Sejumlah Staf Camat Pujut mendatangi Polres Lombok Tengah Dan Bawaslu Lombok Tengah, Jumat [28/6].

Kedatangan mereka untuk melakukan klarifikasi kepada kedua lembaga tersebut terkait laporan yang sebelumnya dilayangkan oleh Koalisi Pencari Keadilan [KAPEK] Lombok Tengah terhadap dugaan penemuan dokumen CI dan CI Plano berhologram yang disebut ditemukan di kantor camat Pujut.

Staf Camat Pujut marah dan merasa difitnah oleh aduan atau laporan KAPEK Loteng tersebut. Karena diantara mereka merasa tidak pernah memberikan dokumen apapun kepada KAPEK Lombok Tengah yang menjadi bahan untuk mengadukan atau melaporkan penemuan dokumen tersebut.

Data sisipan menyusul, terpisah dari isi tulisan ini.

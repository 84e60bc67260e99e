use crate::word::Word;
use std::sync::Wait;
use std::thread::yield_now;

/// Which shards are served, at most 64. A taker claims a shard before it takes from its queue, and releases it
/// afterwards, so that one taker at a time serves it. Whether a queue has operations only the queue
/// tells: what is kept here can't be out of step with it.
#[derive(Drop)]
pub struct Schedule<W: Word> {
    /// A bit for each shard, set while a taker has claimed it.
    claimed: W,
    /// A bit for each shard, set if a taker skipped it since another one had claimed it.
    skipped: W,
}

/// The bit of a shard.
fn bit_of(shard: usize) -> u64 {
    // The remainder is the shard itself. It shows the proof that the shift stays within the word.
    1 << (shard % 64)
}

impl<W: Word> Schedule<W> {
    /// A schedule by two words that are 0: no shard is claimed.
    pub fn of(claimed: W, skipped: W) -> Schedule<W> {
        Schedule { claimed, skipped }
    }

    /// True while a taker has claimed the shard.
    pub fn is_claimed(&self, shard: usize) -> bool {
        self.claimed.has(bit_of(shard))
    }

    /// Claims a shard. False if another taker has claimed it: then it is skipped. Who skips it
    /// needn't come again before the bell rings, since the other rings when it releases the shard.
    pub fn claim(&self, shard: usize) -> bool {
        if self.try_claim(shard) {
            return true;
        }
        self.skipped.set(bit_of(shard));
        // The other may have released the shard before it could see that.
        self.try_claim(shard)
    }

    /// Claims a shard, and answers whether no other taker had. It is one step.
    pub fn try_claim(&self, shard: usize) -> bool {
        !self.claimed.set(bit_of(shard))
    }

    /// Releases a shard, for good or for a while. True if it was skipped meanwhile: then who
    /// releases it rings, so that an operation in it isn't left to nobody.
    #[must_use]
    pub fn release(&self, shard: usize) -> bool {
        let bit = bit_of(shard);
        self.claimed.clear(bit);
        self.skipped.has(bit) && self.skipped.clear(bit)
    }

    /// Claims a shard again that was released for a while, as soon as no other taker has claimed
    /// it.
    pub fn reclaim<R: Wait>(&self, rt: &R, shard: usize) {
        for _ in rt.forever() {
            if self.try_claim(shard) {
                break;
            }
            yield_now();
        }
    }
}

” Kami ingin mengkonfirmasi siapa yang dimaksud staf camat yang di berita itu. tolong tunjukkan namanya kalau ada. Diantara kami tidak ada yang memberikan dokumen apapun ke KAPEK Loteng,” kata Lalu Guntur, salah satu staf camat di Polres Lombok Tengah.

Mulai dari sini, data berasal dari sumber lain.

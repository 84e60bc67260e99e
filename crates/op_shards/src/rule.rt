//! The rule of one queue: the operations that it holds, and the knowledge of each pass of it.

use crate::group_op::GroupOp;
use crossbeam_queue::RuledArrayQueue;
use crossbeam_queue::protocol::{Join, Lesson, Outcome, Protocol, Split};
use std::collections::LinkedList;
use std::marker::{Brand, PhantomData};

/// An operation with its sender, and its rank among those that its shard's queue accepted of this
/// sender.
#[derive(Drop)]
pub struct Ranked<T> {
    pub sender: u64,
    pub rank: u64,
    pub op: T,
}

/// Where a queue stands: its shard, and how many shards, senders and takers there are. No value of
/// it is made.
pub struct QueuePosition {
    pub shard: u64,
    pub shards: u64,
    pub senders: u64,
    pub takers: u64,
}

/// The knowledge of a pass of one queue. The senders from `first` up to `end` are its own, and each
/// has put in the list `put`. It has the parts of `parts` takers, and has taken the list `got`. No
/// value of it is made.
pub struct PassState<T> {
    pub place: QueuePosition,
    pub first: u64,
    pub end: u64,
    pub parts: u64,
    pub put: LinkedList<Ranked<T>>,
    pub got: LinkedList<Ranked<T>>,
}

pub type Queue<T> = RuledArrayQueue<Ranked<T>, PassState<T>, InOrder<T>>;

pub struct InOrder<T> {
    of: PhantomData<T>,
}

impl<T: GroupOp> Protocol<Ranked<T>, PassState<T>> for InOrder<T> {
    ghost use Rattle.op_shards.specs.Order.{Rule, unopened};

    ghost holds = { Rule T.group };

    ghost first = { unopened };
}

/// Where a new queue stands. Each call that opens one picks it.
pub trait Placed {
    ghost use Rattle.op_shards.specs.declared.rule.QueuePosition.{QueuePosition};

    ghost place: { QueuePosition };
}

impl Placed for Brand {
    ghost use Rattle.op_shards.specs.Order.{queue_position};

    ghost place = { queue_position 0 0 0 0 };
}

/// The queue's place is known from now on.
pub struct Opened<J> {
    of: PhantomData<J>,
}

impl<T, J: Placed> Split<PassState<T>> for Opened<J> {
    ghost use Rattle.std.specs.Prelude.{[]};
    ghost use Rattle.op_shards.specs.Order.{free_end, taker};

    ghost left = { λ v. free_end J.place 0 J.place.takers };

    ghost right = { λ v. taker J.place 0 [] };
}

/// One sender more.
pub struct NextSender;

impl<T> Split<PassState<T>> for NextSender {
    ghost use Rattle.op_shards.specs.Order.{other_senders, one_sender};

    ghost left = { other_senders };

    ghost right = { one_sender };
}

/// One taker more.
pub struct NextTaker;

impl<T> Split<PassState<T>> for NextTaker {
    ghost use Rattle.std.specs.Prelude.{◌-◌, []};
    ghost use Rattle.op_shards.specs.Order.{pass_state, taker};

    ghost left = { λ v. pass_state v.place v.first v.end (v.parts - 1) v.put v.got };

    ghost right = { λ v. taker v.place 1 [] };
}

/// A push.
pub struct Put;

impl<T: GroupOp> Outcome<Ranked<T>, PassState<T>> for Put {
    ghost use Rattle.op_shards.specs.Order.{Puts};

    ghost then = { Puts T.group };
}

impl<T: GroupOp> Lesson<Ranked<T>, PassState<T>> for Put {
    ghost use Rattle.op_shards.specs.Order.{KeptWith};

    ghost fact = { KeptWith T.group };
}

/// A pop.
pub struct Take;

impl<T: GroupOp> Outcome<Ranked<T>, PassState<T>> for Take {
    ghost use Rattle.op_shards.specs.Order.{Takes};

    ghost then = { Takes T.group };
}

impl<T: GroupOp> Lesson<Ranked<T>, PassState<T>> for Take {
    ghost use Rattle.op_shards.specs.Order.{KeptWith};

    ghost fact = { KeptWith T.group };
}

/// Splits what was taken from what was put in.
pub struct Part;

impl<T> Split<PassState<T>> for Part {
    ghost use Rattle.op_shards.specs.Order.{put_alone, got_alone};

    ghost left = { put_alone };

    ghost right = { got_alone };
}

/// Joins to it what another took.
pub struct Meet;

impl<T> Join<PassState<T>> for Meet {
    ghost use Rattle.op_shards.specs.Order.{together, spent};

    ghost both = { together };

    ghost spent = { spent };
}

impl<T> Lesson<Ranked<T>, PassState<T>> for Meet {
    ghost use Rattle.op_shards.specs.Order.{Accounts};

    ghost fact = { Accounts };
}
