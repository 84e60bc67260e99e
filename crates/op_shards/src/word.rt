use std::sync::atomic::{AtomicU64, Ordering};

/// A word that threads share. Each call is one step: no step of another thread comes within it. The
/// steps of all threads have one order. A test has words of its own, and decides by them which
/// thread makes the next step.
pub trait Word: Drop {
    /// The word.
    fn value(&self) -> u64;

    /// True if one of these bits is set.
    fn has(&self, bits: u64) -> bool;

    /// Sets these bits. Answers whether one of them was set.
    fn set(&self, bits: u64) -> bool;

    /// Clears these bits. Answers whether one of them was set.
    fn clear(&self, bits: u64) -> bool;

    /// Adds 2 modulo 2^64, so that bit 0 stays. Answers whether it is set.
    fn add_two(&self) -> bool;
}

impl Word for AtomicU64 {
    fn value(&self) -> u64 {
        self.load(Ordering::SeqCst)
    }

    fn has(&self, bits: u64) -> bool {
        self.load(Ordering::SeqCst) & bits != 0
    }

    fn set(&self, bits: u64) -> bool {
        self.fetch_or(bits, Ordering::SeqCst) & bits != 0
    }

    fn clear(&self, bits: u64) -> bool {
        self.fetch_and(!bits, Ordering::SeqCst) & bits != 0
    }

    fn add_two(&self) -> bool {
        self.fetch_add(2, Ordering::SeqCst) & 1 != 0
    }
}
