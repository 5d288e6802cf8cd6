// Writing of mapping records.
ghost use Rattle.std.specs.Prelude.{◌≡◌, ◌≤◌, ◌++◌, OnOk, OnErr, length};
ghost use Rattle.mapping_records.specs.Locator.{canonical_locator, canonical_locators, locator_head};
ghost use Rattle.mapping_records.specs.Record.{canonical_head, canonical_record, InRange};

use crate::{Locator, Record, write_eid};
use ip_headers::Addr;
use octets::{NoMemory, Octets};
use std::alloc::Global;

// How many octets are reserved before a record is written: most records have no more.
const FIRST_ROOM: usize = 64;

/// Appends a record, its ignored bits 0. Without memory `out` stays as it was.
pub fn write_record(alloc: Global, mapping: &Record, out: &mut Octets) -> Result<(), NoMemory>
    requires { InRange mapping.now }
    ensures ok { OnOk result (out.new ≡ out.old ++ canonical_record mapping.now) }
    ensures err { OnErr result (out.new ≡ out.old) }
{
    let mut octets = Octets::with_capacity(alloc, FIRST_ROOM)?;
    octets.append(&head(mapping))?;
    write_eid(&mapping.eid, &mut octets)?;
    write_locators(mapping.locators.as_slice(), &mut octets)?;
    out.append(octets.as_slice())
}

// The first ten octets of a record, up to its EID.
fn head(mapping: &Record) -> [u8; 10]
    requires { InRange mapping.now }
    ensures { result ≡ canonical_head mapping.now }
{
    let [a, b, c, d] = mapping.ttl.to_be_bytes();
    let count = mapping.locators.len() as u8;
    let authoritative = if mapping.authoritative { 16 } else { 0 };
    let action = mapping.action * 32 + authoritative;
    let [e, f] = mapping.version.to_be_bytes();
    [a, b, c, d, count, mapping.eid.prefix.len, action, 0, e, f]
}

fn write_locators(locators: &[Locator], out: &mut Octets) -> Result<(), NoMemory>
    ensures { OnOk result (out.new ≡ out.old ++ canonical_locators locators.now) }
{
    for locator in locators {
        write_locator(locator, out)?;
    }
    Ok(())
}

fn write_locator(locator: &Locator, out: &mut Octets) -> Result<(), NoMemory>
    ensures { OnOk result (out.new ≡ out.old ++ canonical_locator locator.now) }
{
    match locator.addr {
        Addr::V4(n) => out.append_both(&locator_head(locator, 1), &n.to_be_bytes()),
        Addr::V6(n) => out.append_both(&locator_head(locator, 2), &n.to_be_bytes()),
    }
}

// The first eight octets of a locator, up to its address.
fn locator_head(locator: &Locator, afi: u8) -> [u8; 8]
    ensures { result ≡ locator_head locator.now afi }
{
    let local = if locator.local { 4 } else { 0 };
    let probed = if locator.probed { 2 } else { 0 };
    let reachable = if locator.reachable { 1 } else { 0 };
    [
        locator.priority,
        locator.weight,
        locator.m_priority,
        locator.m_weight,
        0,
        local + probed + reachable,
        0,
        afi,
    ]
}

Lalu Guntur mengemukakan bahwa pengaduan dan laporan KAPEK Loteng tersebut mengandung unsur fitnah. Karena selain tidak menyebut nama staf Pujut tapi juga membawa dampak negatif bagi instansi pemerintahan kecamatan Pujut.

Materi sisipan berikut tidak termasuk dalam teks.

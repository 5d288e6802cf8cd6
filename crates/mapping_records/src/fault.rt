// Why a record can't be read.
ghost use Rattle.std.specs.Prelude.{◌≡◌};
ghost use Rattle.mapping_records.specs.declared.fault.RecordFault.TheVariants as fault;

use octets::{NoMemory, Refused};

/// Why octets gave no record.
#[derive(Clone, Copy, Debug, PartialEq, Eq)]
pub enum RecordFault {
    /// A rule fails: the first one.
    Refused(Refused),
    /// An allocation was refused.
    Memory,
}

impl From<Refused> for RecordFault {
    ghost from_gives = { λ refused gives. gives ≡ fault.Refused refused };

    fn from(refused: Refused) -> Self {
        RecordFault::Refused(refused)
    }
}

impl From<NoMemory> for RecordFault {
    ghost from_gives = { λ _ gives. gives ≡ fault.Memory };

    fn from(_: NoMemory) -> Self {
        RecordFault::Memory
    }
}
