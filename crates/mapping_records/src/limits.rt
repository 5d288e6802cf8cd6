// The limits of mappings, and the default of their TTL.
ghost use Rattle.std.specs.Prelude.{◌≡◌};
ghost use Rattle.mapping_records.specs.Limits.{default_minutes, most_locators, most_mappings};
ghost use Rattle.mapping_records.specs.declared.limits.TheConstants.{DEFAULT_MINUTES, MOST_LOCATORS, MOST_MAPPINGS};

/// The most locators of one mapping.
pub const MOST_LOCATORS: usize = 32;

/// The most mappings that are kept or set.
pub const MOST_MAPPINGS: usize = 65_536;

/// The minutes for which a mapping holds whose record leaves its TTL to the receiver.
pub const DEFAULT_MINUTES: u32 = 1440;

/// Law: the constants are the defined numbers.
pub fn limits_are()
    ensures locators { MOST_LOCATORS ≡ most_locators }
    ensures mappings { MOST_MAPPINGS ≡ most_mappings }
    ensures minutes { DEFAULT_MINUTES ≡ default_minutes }
{}
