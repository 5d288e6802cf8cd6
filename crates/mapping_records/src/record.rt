// Mapping records, as values.
use crate::Eid;
use ip_headers::Addr;
use octets::Items;

/// One locator of a mapping (RFC 9301, section 5.4).
#[derive(Clone, Copy, Debug, PartialEq, Eq)]
pub struct Locator {
    pub addr: Addr,
    /// The locators of the lowest priority are taken first; 255 means never.
    pub priority: u8,
    /// The share of the flows among locators of one priority.
    pub weight: u8,
    /// The priority for multicast.
    pub m_priority: u8,
    /// The weight for multicast.
    pub m_weight: u8,
    /// L: the locator belongs to the sender of the record.
    pub local: bool,
    /// p: the locator is the one that was probed.
    pub probed: bool,
    /// R: the locator is up, as the sender of the record sees it.
    pub reachable: bool,
}

/// A list of locators.
pub type Locators = Items<Locator>;

/// A mapping of an EID prefix to locators (RFC 9301, section 5.4).
#[derive(Debug, Drop)]
pub struct Record {
    /// The TTL in minutes; 2^32 - 1 leaves it to the receiver.
    pub ttl: u32,
    /// The action on packets where there are no locators, at most 7.
    pub action: u8,
    /// A: the record comes from the site that owns the EID.
    pub authoritative: bool,
    /// The Map-Version, at most 4,095; 0 where there is none.
    pub version: u16,
    pub eid: Eid,
    pub locators: Locators,
}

” Bisa saja, ada orang yang mengaku staf camat Pujut. Atau sengaja menyebutkan ditemukan di kantor camat Pujut,” sergahnya.

Di Mapolres, petugas di Polres Lombok Tengah mengarahkan agar terlebih dahulu bersurat secara resmi terkait dengan adanya hearing terhadap persoalan dokumen C1 dan C1 Plano ini. Selain itu Petugas Polres Loteng juga menyatakan aduan tersebut sudah di Bawaslu.

Mendengar penjelasan itu, Mereka kemudian bergerak ke kantor Bawaslu Lombok Tengah. Disana mereka diterima oleh komisioner Bawaslu dan staf. Disana mereka meminta kejelasan terhadap pelaporan yang menyangkutkan nama Staf kecamatan Pujut. Namun oleh Komisioner Bawaslu, mereka dijawab bahwa pelaporan tersebut sudah diterima namun masih dalam tahap koordinasi.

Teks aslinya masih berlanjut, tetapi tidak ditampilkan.